Previous studies have used data related to either voice or spiral drawing to detect Parkinson disease (PD). However, different people experience different symptoms and different levels of severity of PD. This paper proposes a multimodal approach combining voice and image test to enhance the reliability of detecting PD patients. To substantiate this idea, we have evaluated both voice and spiral test data using various machine learning models.
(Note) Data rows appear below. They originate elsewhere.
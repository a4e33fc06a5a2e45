//! Points: models with their numbers, and what their runs say.

ghost use Rattle.std.specs.Prelude.{◌≤◌, length};

/// A figure, and its value in each run, in millionths: none where a run didn't come to its count, or has none.
#[derive(Drop)]
pub struct Column {
    /// What it is called, as `QUEUE WAITING TIME`.
    pub name: Vec<u8>,
    /// Whether it is told without being asked for.
    pub is_main: bool,
    /// The values, run by run, of at most 512; run r of each point has the same seeds.
    pub values: Vec<Option<i128>>,
    ghost few: { length values.items ≤ 512 },
}

/// A point: a model with its numbers, and what its runs say.
#[derive(Drop)]
pub struct Point {
    /// What it is called, as `NURSES=2`.
    pub name: Vec<u8>,
    /// Its figures.
    pub columns: Vec<Column>,
}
The results based on the two types of dataset demonstrate an excellent level of accuracy for PD identification. Pairwise correlation and k-means clustering techniques are used to extract features from the vocal dataset. In this classification problem, the highest accuracy of 95.89% is obtained using an ensemble of 3 classification models. The Pearson's correlation is used to extract features from the image dataset. The best accuracy of 99.6% is achieved using the k-Nearest Neighbors classifier in the Dynamic Spiral Test (DST). An accuracy of 98.8% and 94.9% are achieved using the Logistic Regression classifier and the Adaptive Boosting classifier on the Static Spiral Test (SST) and Stability Test on Certain Point (STCP), respectively. A second ensemble making use of results from DST, SST, and STCP will provide the overall result of the spiral test. We also implement the multi-modal approach into a touch-enabled smartphone-based application to carry out preliminary PD tests conveniently, without the need of supervision of additional medical personnel or any specialized equipment. The final ensemble for the application makes use of the results of the respective ensemble from the vocal and spiral tests.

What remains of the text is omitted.